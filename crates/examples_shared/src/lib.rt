// What the worked examples of the documents share: strings as the documents print them, and how an example is computed. No code stands here.
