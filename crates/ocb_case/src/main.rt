// The test program: reads one case from standard input and writes what is said of it. The buffer holds more than the longest case has, so a case with
// too many bytes is seen to have them.
#![tactic(auto)]

ghost use Rattle.std.specs.Io.{ReadsAtMost};

use std::io::{Read, Result, Write};

// Reads until buffer is full or the input ends, and gives how many bytes it put at the front. Of std's methods `read_exact` does not say how many came, and
// `read_to_end` needs a heap.
fn read_full(from: &mut impl Read, buffer: &mut [u8]) -> Result<usize>
    ensures { ReadsAtMost result buffer.new }
{
    let mut done = 0;
    while done < buffer.len() {
        let n = from.read(&mut buffer[done..])?;
        if n == 0 {
            break;
        }
        done += n;
    }
    Ok(done)
}

fn main(rt: HostRuntime) -> Result<()> {
    let mut from = rt.stdin();
    let mut case = [0u8; 65536];
    let n = read_full(&mut from, &mut case)?;
    let mut out = [0u8; 65536];
    let k = cases::respond(&case[..n], &mut out);
    rt.stdout().write_all(&out[..k])
}
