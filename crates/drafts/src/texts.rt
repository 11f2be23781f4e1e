// Makes texts of streams: their tags, with blanks between them and now and then another name, and then a damage.
use crate::damage;
use making::Dice;
use retell::Event;
use slices::{Output, get, low_byte, put};

// A blank, now and then.
fn push_blank(text: &mut Output, dice: &mut Dice) {
    if dice.is_one_in(4) {
        text.push(get(b" \n\r", dice.draw(3)));
    }
}

// The label of an event's tag, or now and then any.
fn draw_label(events: &[u8], at: usize, dice: &mut Dice, labels: usize) -> u8 {
    if dice.is_one_in(100) {
        return low_byte(dice.draw(labels));
    }
    retell::label_at(events, at)
}

// Now and then the byte before the end of a tag is a z: its name is another then, and that of a point opens an element.
fn misspell(text: &mut Output, dice: &mut Dice) {
    if dice.is_one_in(200) {
        let at = text.length.saturating_sub(2);
        put(text.room, at, b'z');
    }
}

// Makes the text of a stream.
pub fn make(names: &[u8], events: &[u8], text: &mut Output, dice: &mut Dice) {
    let labels = retell::lines(names);
    for (at, byte) in events.iter().enumerate() {
        push_blank(text, dice);
        push_blank(text, dice);
        let label = draw_label(events, at, dice, labels);
        retell::spell(names, Event::from(*byte), usize::from(label), text);
        misspell(text, dice);
    }
}

// Damages a text, in one of two cases.
pub fn harm(text: &mut Output, dice: &mut Dice) {
    damage::harm_some(text, dice, b"<>/<>/ \n\r\tabABzZ@[`{-._09:,", 2);
}
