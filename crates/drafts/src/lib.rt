// Lists of names, streams of events and texts, drawn and damaged, for the trial of tagged text. The functions state no result:
// what is proved of them is that they are safe.
#![tactic(auto)]

mod damage;
pub mod lists;
pub mod streams;
pub mod texts;
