// Draws streams of events, with labelled closes and others; now and then a label is wrong.
use crate::damage;
use making::Dice;
use retell::Event;
use slices::{Output, low_byte};

// How many events, how deep at most, and how many of a hundred events open an element where one may: a deep stream has about
// as many open as there may be. With it how many of a hundred closes are labelled, and how many labels have a name.
#[derive(Clone, Copy)]
struct Plan {
    events: usize,
    limit: usize,
    opens: usize,
    labelled: usize,
    labels: usize,
}

impl Plan {
    fn draw(dice: &mut Dice, labels: usize) -> Plan {
        let deep = dice.is_one_in(4);
        Plan {
            events: draw_events(dice, deep),
            limit: if deep {
                dice.between(39, 42)
            } else {
                dice.draw(7)
            },
            opens: if deep { 90 } else { 40 },
            labelled: draw_labelled(dice),
            labels,
        }
    }

    // An event where so many elements are open. A close has no label yet.
    fn draw_event(self, dice: &mut Dice, depth: usize) -> Event {
        let x = dice.draw(100);
        let label = low_byte(dice.draw(self.labels));
        if x < self.opens && depth < self.limit {
            Event::Open(label)
        } else if x < 70 || depth == 0 {
            Event::Point(label)
        } else {
            Event::Close(None)
        }
    }

    // The label of a close: that of the open element; now and then any with a name, or any at all.
    fn draw_label(self, dice: &mut Dice, open: u8) -> u8 {
        match dice.draw(150) {
            0 => low_byte(dice.draw(self.labels)),
            1 => low_byte(dice.draw(32)),
            _ => open,
        }
    }

    // A close, which may get a label.
    fn push_close(self, events: &mut Output, dice: &mut Dice) {
        let mut label = None;
        if dice.draw(100) < self.labelled {
            let open = retell::open_label(events.written()).unwrap_or(0);
            label = Some(self.draw_label(dice, open));
        }
        events.push(u8::from(Event::Close(label)));
    }

    // Events one after the other. Answers how many elements are open then.
    fn push_events(self, events: &mut Output, dice: &mut Dice) -> usize {
        let mut depth = 0usize;
        for _ in 0..self.events {
            match self.draw_event(dice, depth) {
                Event::Close(_) => {
                    self.push_close(events, dice);
                    depth = depth.saturating_sub(1);
                }
                Event::Open(label) => {
                    events.push(u8::from(Event::Open(label)));
                    depth = depth.saturating_add(1);
                }
                other => events.push(u8::from(other)),
            }
        }
        depth
    }
}

fn draw_events(dice: &mut Dice, deep: bool) -> usize {
    if deep {
        dice.between(60, 110)
    } else {
        let most = dice.draw(60);
        dice.draw(most)
    }
}

// Of a hundred closes none, all or half.
fn draw_labelled(dice: &mut Dice) -> usize {
    match dice.draw(3) {
        0 => 0,
        1 => 100,
        _ => 50,
    }
}

// Makes a whole stream, but for its depth and for wrong labels.
pub fn make(events: &mut Output, dice: &mut Dice, labels: usize) {
    let plan = Plan::draw(dice, labels);
    for _ in 0..plan.push_events(events, dice) {
        plan.push_close(events, dice);
    }
    events.push(u8::from(Event::End));
}

// Damages one of so many streams.
pub fn harm(events: &mut Output, dice: &mut Dice, of: usize) {
    damage::harm_some(events, dice, b"\0\x01\x1f !?@@@AAABBCab", of);
}
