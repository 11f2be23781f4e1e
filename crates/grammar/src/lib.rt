// Tagged text (02, K1): what it is stands in specs/, what follows from it in proofs/. Here are the classes of its bytes, and the
// errors of reading and writing it.
#![tactic(auto)]

use std::fmt;

// What a byte may be in a text.
#[derive(Clone, Copy, Debug, PartialEq, Eq)]
pub enum Class {
    // What may stand between tags.
    Blank,
    Letter,
    // A byte of a name that is no letter.
    Name,
    // "<", "/" and ">".
    Less,
    Slash,
    Greater,
    // A byte that is allowed nowhere.
    Other,
}

// Why a text is refused at a place, in 02's order.
#[derive(Clone, Copy, Debug, PartialEq, Eq)]
pub enum Fault {
    // A byte that is not allowed there.
    Byte,
    // The tag's name is none of the list's.
    Unknown,
    // The closing name is not the open one, or none is open.
    Closing,
    // The text ends with a tag or an element open.
    Ended,
    // An opening tag at 40 open elements.
    Deep,
    // The output has no room for the event.
    Short,
}

impl fmt::Display for Fault {
    fn fmt<W: fmt::Write>(&self, f: &mut fmt::Formatter<W>) -> fmt::Result {
        match self {
            Fault::Byte => write!(f, "byte not allowed"),
            Fault::Unknown => write!(f, "name unknown"),
            Fault::Closing => write!(f, "closing name not the open one or none open"),
            Fault::Ended => write!(f, "text ends with a tag or element open"),
            Fault::Deep => write!(f, "deeper than 40"),
            Fault::Short => write!(f, "output short"),
        }
    }
}

// Why the reader has written no events.
#[derive(Clone, Copy, Debug, PartialEq, Eq)]
pub enum ReadError {
    // The list of names is bad.
    Names,
    // The text is at fault, first at this place.
    Text(Fault, usize),
}

// Why the writer has written no text.
#[derive(Clone, Copy, Debug, PartialEq, Eq)]
pub enum WriteError {
    // The list of names is bad.
    Names,
    // No whole stream goes on at this place.
    Stream(usize),
    // The output has no room for the text.
    Short,
}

■ **WHAT IS REQUIRED**
Wherever the word "main" turns up in a line of the listing, that line counts; report the total as a lone number.

■ **RESPONSE TO THIS TASK**
2